**Activity**: Of the records that follow, copy only the lines from the line containing "HasRunByWorkers script world)" to the line containing "match types_of(alloc, source)", both included, exactly as written.

[Dataset entries]
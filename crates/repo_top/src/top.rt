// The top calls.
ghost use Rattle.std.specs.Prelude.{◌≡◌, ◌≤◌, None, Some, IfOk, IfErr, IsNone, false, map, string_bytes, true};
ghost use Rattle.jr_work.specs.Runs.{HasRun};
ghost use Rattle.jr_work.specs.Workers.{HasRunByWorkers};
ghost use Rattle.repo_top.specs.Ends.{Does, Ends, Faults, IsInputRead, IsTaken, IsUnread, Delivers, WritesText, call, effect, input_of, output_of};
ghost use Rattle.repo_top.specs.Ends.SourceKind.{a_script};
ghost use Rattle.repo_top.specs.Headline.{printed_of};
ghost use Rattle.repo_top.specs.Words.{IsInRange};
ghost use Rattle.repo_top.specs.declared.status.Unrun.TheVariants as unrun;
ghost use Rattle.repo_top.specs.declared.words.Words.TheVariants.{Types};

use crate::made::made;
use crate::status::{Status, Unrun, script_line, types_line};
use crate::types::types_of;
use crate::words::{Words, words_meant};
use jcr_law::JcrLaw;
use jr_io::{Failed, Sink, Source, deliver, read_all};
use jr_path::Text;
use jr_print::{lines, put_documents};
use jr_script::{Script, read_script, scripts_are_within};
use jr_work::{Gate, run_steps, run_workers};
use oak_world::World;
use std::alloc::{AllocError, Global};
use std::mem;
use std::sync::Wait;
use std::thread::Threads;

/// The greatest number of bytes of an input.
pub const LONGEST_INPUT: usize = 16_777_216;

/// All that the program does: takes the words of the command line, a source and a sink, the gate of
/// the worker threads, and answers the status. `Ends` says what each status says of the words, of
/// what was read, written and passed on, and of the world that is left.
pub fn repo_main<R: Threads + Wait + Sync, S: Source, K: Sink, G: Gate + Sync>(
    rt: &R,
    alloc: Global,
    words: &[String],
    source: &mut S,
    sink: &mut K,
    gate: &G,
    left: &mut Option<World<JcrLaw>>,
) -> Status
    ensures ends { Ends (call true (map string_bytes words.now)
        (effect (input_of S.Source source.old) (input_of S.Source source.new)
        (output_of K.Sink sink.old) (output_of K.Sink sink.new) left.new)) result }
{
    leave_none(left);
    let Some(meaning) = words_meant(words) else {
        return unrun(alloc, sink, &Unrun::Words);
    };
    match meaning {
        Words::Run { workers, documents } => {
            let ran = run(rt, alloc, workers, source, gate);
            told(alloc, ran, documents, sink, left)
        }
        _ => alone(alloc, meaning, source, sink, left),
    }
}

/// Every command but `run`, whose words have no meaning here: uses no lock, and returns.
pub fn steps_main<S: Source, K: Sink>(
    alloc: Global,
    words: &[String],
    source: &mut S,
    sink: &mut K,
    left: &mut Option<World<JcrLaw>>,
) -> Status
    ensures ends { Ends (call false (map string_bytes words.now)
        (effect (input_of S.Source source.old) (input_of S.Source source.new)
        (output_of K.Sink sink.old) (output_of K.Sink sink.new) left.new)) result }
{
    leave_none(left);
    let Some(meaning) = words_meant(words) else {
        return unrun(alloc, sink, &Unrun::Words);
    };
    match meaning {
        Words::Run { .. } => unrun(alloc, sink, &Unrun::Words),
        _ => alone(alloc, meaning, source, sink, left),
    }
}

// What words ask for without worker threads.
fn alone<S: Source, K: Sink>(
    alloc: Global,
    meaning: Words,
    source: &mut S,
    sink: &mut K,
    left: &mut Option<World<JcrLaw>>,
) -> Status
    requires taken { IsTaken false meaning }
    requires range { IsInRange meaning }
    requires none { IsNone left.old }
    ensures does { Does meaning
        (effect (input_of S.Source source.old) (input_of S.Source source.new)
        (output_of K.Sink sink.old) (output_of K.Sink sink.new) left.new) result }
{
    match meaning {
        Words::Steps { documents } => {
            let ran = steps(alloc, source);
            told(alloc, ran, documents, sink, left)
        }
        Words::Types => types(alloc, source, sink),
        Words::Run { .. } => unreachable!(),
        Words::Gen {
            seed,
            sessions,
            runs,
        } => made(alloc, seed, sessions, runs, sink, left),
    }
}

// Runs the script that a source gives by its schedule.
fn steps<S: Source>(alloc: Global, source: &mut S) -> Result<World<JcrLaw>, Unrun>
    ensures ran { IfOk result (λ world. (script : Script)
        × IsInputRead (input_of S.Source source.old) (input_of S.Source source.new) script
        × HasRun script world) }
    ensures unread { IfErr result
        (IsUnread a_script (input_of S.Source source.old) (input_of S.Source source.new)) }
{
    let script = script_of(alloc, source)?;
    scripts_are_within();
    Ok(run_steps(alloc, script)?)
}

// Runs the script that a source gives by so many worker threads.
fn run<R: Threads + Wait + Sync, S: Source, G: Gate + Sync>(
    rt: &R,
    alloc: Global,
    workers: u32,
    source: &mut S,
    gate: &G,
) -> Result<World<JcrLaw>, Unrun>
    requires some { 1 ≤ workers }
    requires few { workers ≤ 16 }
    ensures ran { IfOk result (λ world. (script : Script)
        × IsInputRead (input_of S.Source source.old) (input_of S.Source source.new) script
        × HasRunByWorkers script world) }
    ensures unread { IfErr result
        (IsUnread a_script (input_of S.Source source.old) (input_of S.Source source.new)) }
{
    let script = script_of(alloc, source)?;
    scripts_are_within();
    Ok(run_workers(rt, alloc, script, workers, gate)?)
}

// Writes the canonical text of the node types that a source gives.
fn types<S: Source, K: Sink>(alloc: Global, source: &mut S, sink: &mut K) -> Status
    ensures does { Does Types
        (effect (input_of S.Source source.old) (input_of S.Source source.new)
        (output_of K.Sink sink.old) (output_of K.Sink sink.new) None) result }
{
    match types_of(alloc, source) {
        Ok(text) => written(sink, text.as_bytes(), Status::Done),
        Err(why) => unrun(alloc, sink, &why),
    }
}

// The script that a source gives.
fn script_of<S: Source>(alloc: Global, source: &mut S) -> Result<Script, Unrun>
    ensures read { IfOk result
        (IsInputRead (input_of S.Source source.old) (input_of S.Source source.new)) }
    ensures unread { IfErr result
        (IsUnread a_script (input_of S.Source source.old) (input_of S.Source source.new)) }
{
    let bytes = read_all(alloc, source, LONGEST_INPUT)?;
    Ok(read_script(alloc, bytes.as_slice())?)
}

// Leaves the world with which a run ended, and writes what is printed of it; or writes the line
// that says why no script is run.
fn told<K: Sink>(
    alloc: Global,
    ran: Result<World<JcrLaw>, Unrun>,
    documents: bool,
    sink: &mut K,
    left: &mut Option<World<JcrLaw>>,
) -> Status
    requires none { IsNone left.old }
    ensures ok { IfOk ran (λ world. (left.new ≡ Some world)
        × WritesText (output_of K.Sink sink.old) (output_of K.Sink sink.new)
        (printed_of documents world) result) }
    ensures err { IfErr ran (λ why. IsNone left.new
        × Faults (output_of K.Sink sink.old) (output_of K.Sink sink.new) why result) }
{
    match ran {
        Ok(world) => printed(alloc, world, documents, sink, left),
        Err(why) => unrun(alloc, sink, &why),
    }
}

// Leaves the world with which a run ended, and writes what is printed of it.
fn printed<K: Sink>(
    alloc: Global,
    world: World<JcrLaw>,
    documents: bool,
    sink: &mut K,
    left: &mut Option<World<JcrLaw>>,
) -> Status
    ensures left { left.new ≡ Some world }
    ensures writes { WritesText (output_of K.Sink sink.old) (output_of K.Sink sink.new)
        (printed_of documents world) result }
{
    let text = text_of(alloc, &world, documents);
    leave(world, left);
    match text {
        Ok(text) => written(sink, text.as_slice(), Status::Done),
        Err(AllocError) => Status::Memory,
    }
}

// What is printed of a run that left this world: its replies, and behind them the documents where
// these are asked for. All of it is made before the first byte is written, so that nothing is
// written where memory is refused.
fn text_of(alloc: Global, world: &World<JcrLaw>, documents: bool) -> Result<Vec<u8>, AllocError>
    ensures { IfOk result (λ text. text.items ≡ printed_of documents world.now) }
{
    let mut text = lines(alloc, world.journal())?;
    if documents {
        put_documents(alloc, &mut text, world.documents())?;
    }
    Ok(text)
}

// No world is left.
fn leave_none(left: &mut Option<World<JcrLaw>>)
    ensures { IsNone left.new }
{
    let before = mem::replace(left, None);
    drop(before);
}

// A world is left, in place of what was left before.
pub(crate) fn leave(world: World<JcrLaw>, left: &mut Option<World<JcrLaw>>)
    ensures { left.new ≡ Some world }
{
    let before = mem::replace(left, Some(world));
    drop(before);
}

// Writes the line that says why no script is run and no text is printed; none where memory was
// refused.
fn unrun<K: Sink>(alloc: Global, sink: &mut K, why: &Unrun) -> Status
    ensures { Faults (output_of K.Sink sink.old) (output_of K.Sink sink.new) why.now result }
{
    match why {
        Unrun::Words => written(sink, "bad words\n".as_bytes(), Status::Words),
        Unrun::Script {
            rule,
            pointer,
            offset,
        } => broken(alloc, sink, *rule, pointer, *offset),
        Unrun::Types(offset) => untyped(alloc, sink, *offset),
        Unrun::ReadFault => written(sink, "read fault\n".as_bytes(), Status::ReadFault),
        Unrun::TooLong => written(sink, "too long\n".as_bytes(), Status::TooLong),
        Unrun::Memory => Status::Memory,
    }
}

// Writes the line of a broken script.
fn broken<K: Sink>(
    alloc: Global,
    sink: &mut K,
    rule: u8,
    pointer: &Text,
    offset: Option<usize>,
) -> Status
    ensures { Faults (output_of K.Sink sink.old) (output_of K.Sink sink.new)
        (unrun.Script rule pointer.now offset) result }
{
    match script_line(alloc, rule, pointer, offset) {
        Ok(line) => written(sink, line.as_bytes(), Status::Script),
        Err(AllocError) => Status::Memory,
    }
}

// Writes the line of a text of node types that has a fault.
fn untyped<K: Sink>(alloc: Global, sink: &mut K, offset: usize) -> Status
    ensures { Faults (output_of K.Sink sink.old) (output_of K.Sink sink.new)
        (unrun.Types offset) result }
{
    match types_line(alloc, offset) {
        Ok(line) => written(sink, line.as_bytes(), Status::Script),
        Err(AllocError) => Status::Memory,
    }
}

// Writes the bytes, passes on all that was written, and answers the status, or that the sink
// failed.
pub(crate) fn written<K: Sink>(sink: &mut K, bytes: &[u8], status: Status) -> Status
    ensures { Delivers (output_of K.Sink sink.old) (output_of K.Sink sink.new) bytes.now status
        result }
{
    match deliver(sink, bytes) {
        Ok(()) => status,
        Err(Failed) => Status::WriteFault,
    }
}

**Exercise result**:
        × HasRunByWorkers script world) }
    ensures unread { IfErr result
        (IsUnread a_script (input_of S.Source source.old) (input_of S.Source source.new)) }
{
    let script = script_of(alloc, source)?;
    scripts_are_within();
    Ok(run_workers(rt, alloc, script, workers, gate)?)
}

// Writes the canonical text of the node types that a source gives.
fn types<S: Source, K: Sink>(alloc: Global, source: &mut S, sink: &mut K) -> Status
    ensures does { Does Types
        (effect (input_of S.Source source.old) (input_of S.Source source.new)
        (output_of K.Sink sink.old) (output_of K.Sink sink.new) None) result }
{
    match types_of(alloc, source) {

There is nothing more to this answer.